Data from NASA’s AIM spacecraft show that noctilucent clouds are like a great “geophysical light bulb.” They turn on every year in late spring, reaching almost full intensity over a period of no more than 5 to 10 days.
News flash: The bulb is glowing.
As December unfolded, a vast bank of noctilucent clouds were blanketing Antarctica. It started on November 20 as a tiny puff of electric-blue and quickly expanded to overlie nearly the entire continent. AIM is monitoring the progress of the clouds as they swirl and ripple around the south pole.
“The clouds appeared over the south pole earlier than usual this year,” says AIM science team member Cora Randall of the Laboratory for Atmospheric and Space Physics in Colorado. “Since AIM was launched, only the 2009 season got an earlier start.
Noctilucent clouds–or “NLCs” for short–are Earth’s highest clouds. Seeded by disintegrating meteoroids, they form at the edge of space 83 km above Earth’s surface. When sunlight hits the tiny ice crystals that make up these clouds, they appear to glow electric blue.

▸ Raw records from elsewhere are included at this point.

//! Figures about the origin of the macro, before they are turned.
ghost use Rattle.std.specs.Prelude.{◌≡◌, ◌==◌, ◌≤◌, if◌then◌else◌, IfOk, None, Ok, Some, true};
ghost use Rattle.planar.specs.Plane.{IsPlaced};
ghost use Rattle.planar.specs.declared.TheConstants.{METRE};
ghost use Rattle.aperture_macros.specs.Images as spec;
ghost use Rattle.aperture_macros.specs.Sketches.{IsNear, is_disc};

use crate::body_word::{part, past};
use crate::fault::MacroFault;
use crate::primitive::Copper;
use crate::values::{across, diameter, point, size};
use board_shapes::corners_around;
use contact::MOST_DIAMETER;
use lengths::decimal::{Decimal, Unit};
use planar::{Spot, is_same};

/// A figure about the origin, in u: a disc by its centre and its diameter, a rectangle by its lower left
/// and its upper right corner, the stroke of a slanted line by its ends and its width, at most `MOST_DIAMETER`, or a
/// regular polygon by its middle, the diameter of the circle through its corners, in parts of which a u has `PARTS`, and
/// their number.
#[derive(Clone, Copy)]
pub enum Sketch {
    Disc(Spot, u64),
    Rectangle(Spot, Spot),
    Stroke(Spot, Spot, u64),
    Regular(Spot, u64, u32),
}

/// The disc of `d,x,y`.
#[tactic(auto, unfolding(crate::specs::Images::circle_at))]
pub fn circle(text: &[u8], parameters: &[Decimal], unit: Unit) -> Result<Option<Sketch>, MacroFault>
    ensures value { result ≡ spec.circle_at text.now parameters.now unit }
    ensures near { IfOk result IsNear }
    ensures disc { IfOk result (λ sketch. is_disc sketch ≡ true) }
{
    let d = diameter(part(0, text), parameters, unit)?;
    let p = point(past(1, text), parameters, unit)?;
    Ok(if d == 0 {
        None
    } else {
        Some(Sketch::Disc(p, d))
    })
}

/// The rectangle of `w,x,y,x,y`, or the stroke of a slanted line, in either copper.
#[tactic(auto, unfolding(crate::specs::Images::line_at))]
pub fn line(
    copper: Copper,
    text: &[u8],
    parameters: &[Decimal],
    unit: Unit,
) -> Result<Option<Sketch>, MacroFault>
    ensures value { result ≡ spec.line_at copper text.now parameters.now unit }
    ensures any { IfOk result (λ sketch. spec.line_at Copper.Real text.now parameters.now unit ≡ Ok sketch) }
    ensures near { IfOk result IsNear }
{
    let w = size(part(0, text), parameters, unit)?;
    let p = point(past(1, text), parameters, unit)?;
    let q = point(past(3, text), parameters, unit)?;
    line_between(copper, w, p, q)
}

// The same between two points.
#[tactic(auto, unfolding(crate::specs::Images::line_between))]
fn line_between(copper: Copper, w: u64, p: Spot, q: Spot) -> Result<Option<Sketch>, MacroFault>
    requires width { w ≤ METRE }
    requires start { IsPlaced p }
    requires end { IsPlaced q }
    ensures value { result ≡ spec.line_between copper w p q }
    ensures near { IfOk result IsNear }
{
    if p.x == q.x {
        Ok(strip(w, p, q, w, 0))
    } else if p.y == q.y {
        Ok(strip(w, p, q, 0, w))
    } else {
        slanted(copper, w, p, q)
    }
}

// What a line along no axis is.
fn slanted(copper: Copper, w: u64, p: Spot, q: Spot) -> Result<Option<Sketch>, MacroFault>
    requires start { IsPlaced p }
    requires end { IsPlaced q }
    ensures value { result ≡ spec.slanted copper w p q }
    ensures near { IfOk result IsNear }
{
    match copper {
        Copper::Exact => Err(MacroFault::Slanted),
        Copper::Real => if w > MOST_DIAMETER {
            Err(MacroFault::OutOfRange)
        } else {
            Ok(stroke(w, p, q))
        },
    }
}

fn stroke(w: u64, p: Spot, q: Spot) -> Option<Sketch>
    requires width { w ≤ MOST_DIAMETER }
    requires start { IsPlaced p }
    requires end { IsPlaced q }
    ensures value { result ≡ (if w == 0 then None else Some (Sketch.Stroke p q w)) }
    ensures near { IsNear result }
{
    if w == 0 {
        None
    } else {
        Some(Sketch::Stroke(p, q, w))
    }
}

/// The rectangle of `w,h,x,y`.
#[tactic(auto, unfolding(crate::specs::Images::centre_at))]
pub fn centre_line(
    text: &[u8],
    parameters: &[Decimal],
    unit: Unit,
) -> Result<Option<Sketch>, MacroFault>
    ensures value { result ≡ spec.centre_at text.now parameters.now unit }
    ensures near { IfOk result IsNear }
{
    let w = size(part(0, text), parameters, unit)?;
    let h = size(part(1, text), parameters, unit)?;
    let p = point(past(2, text), parameters, unit)?;
    Ok(centred(w, h, p))
}

/// The polygon of `x,y,d`, of so many corners.
#[tactic(auto, unfolding(crate::specs::Images::polygon_at))]
pub fn polygon(
    corners: u32,
    text: &[u8],
    parameters: &[Decimal],
    unit: Unit,
) -> Result<Option<Sketch>, MacroFault>
    requires three { 3 ≤ corners }
    requires twelve { corners ≤ 12 }
    ensures value { result ≡ spec.polygon_at corners text.now parameters.now unit }
    ensures near { IfOk result IsNear }
{
    let p = point(text, parameters, unit)?;
    let d = across(part(2, text), parameters, unit)?;
    Ok(if d == 0 {
        None
    } else {
        Some(Sketch::Regular(p, d, corners))
    })
}

// Whether the one end of a line along an axis is to the left of the other, or below it.
fn is_first(p: Spot, q: Spot) -> bool
    ensures { result ≡ spec.is_first p q }
{
    p.x < q.x || p.y < q.y
}

// What a line along an axis is between its ends: half its width, across or up, is to each side.
fn strip(w: u64, p: Spot, q: Spot, across: u64, up: u64) -> Option<Sketch>
    requires across { across ≤ METRE }
    requires up { up ≤ METRE }
    requires start { IsPlaced p }
    requires end { IsPlaced q }
    ensures value { result ≡ spec.strip w p q across up }
    ensures near { IsNear result }
{
    if w == 0 || is_same(p, q) {
        return None;
    }
    if is_first(p, q) {
        Some(between(p, q, across, up))
    } else {
        Some(between(q, p, across, up))
    }
}

fn centred(w: u64, h: u64, p: Spot) -> Option<Sketch>
    requires width { w ≤ METRE }
    requires height { h ≤ METRE }
    requires placed { IsPlaced p }
    ensures value { result ≡ spec.centred w h p }
    ensures near { IsNear result }
{
    if w == 0 || h == 0 {
        None
    } else {
        Some(between(p, p, w, h))
    }
}

// The rectangle from a lower left spot to an upper right one, with so much more, by halves.
fn between(p: Spot, q: Spot, w: u64, h: u64) -> Sketch
    requires width { w ≤ METRE }
    requires height { h ≤ METRE }
    requires start { IsPlaced p }
    requires end { IsPlaced q }
    ensures value { result ≡ spec.between p q w h }
    ensures near { IsNear (Some result) }
{
    let (low, high) = corners_around(p, q, w, h);
    Sketch::Rectangle(low, high)
}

Summer is when NLCs are at their brightest and most widespread. Now is summer in the southern hemisphere. The clouds brighten over the south pole in November through February, and shift to the north pole in May through August.
Why summer? The answer has to do with wind patterns and the flow of humidity in our atmosphere. Summer happens to be the time when the greatest number of water molecules are wafted up from the lower atmosphere to mix with “meteor smoke” at the edge of space. Ironically, summer is also the time when the upper atmosphere is coldest, allowing the ice crystals of NLCs to form.
In recent years NLCs have intensified and spread. When noctilucent clouds first appeared in the 19th century, you had to travel to polar regions to see them. Since the turn of the century, however, they have been sighted as close to the equator as Colorado and Utah.
Some researchers believe this is a sign of climate change. One of the greenhouse gases that has become more abundant in Earth’s atmosphere since the 19th century is methane.
“When methane makes its way into the upper atmosphere, it is oxidized by a complex series of reactions to form water vapor,” explains Hampton University Professor James Russell, the principal investigator of AIM. “This extra water vapor is then available to grow ice crystals for NLCs.”
If this idea, one of several, is correct, noctilucent clouds are a sort of “canary in a coal mine” for one of the most important greenhouse gases. And that, says Russell, is a great reason to study them.
Studying NLCs is the prime mission of the AIM spacecraft. Since it was launched in 2007, AIM has made many key discoveries including the role of meteor dust in seeding NLCs and the way NLCs are affected by long-distance teleconnections in the atmosphere. More discoveries may be in the offing as NASA has just extended the mission for another two years.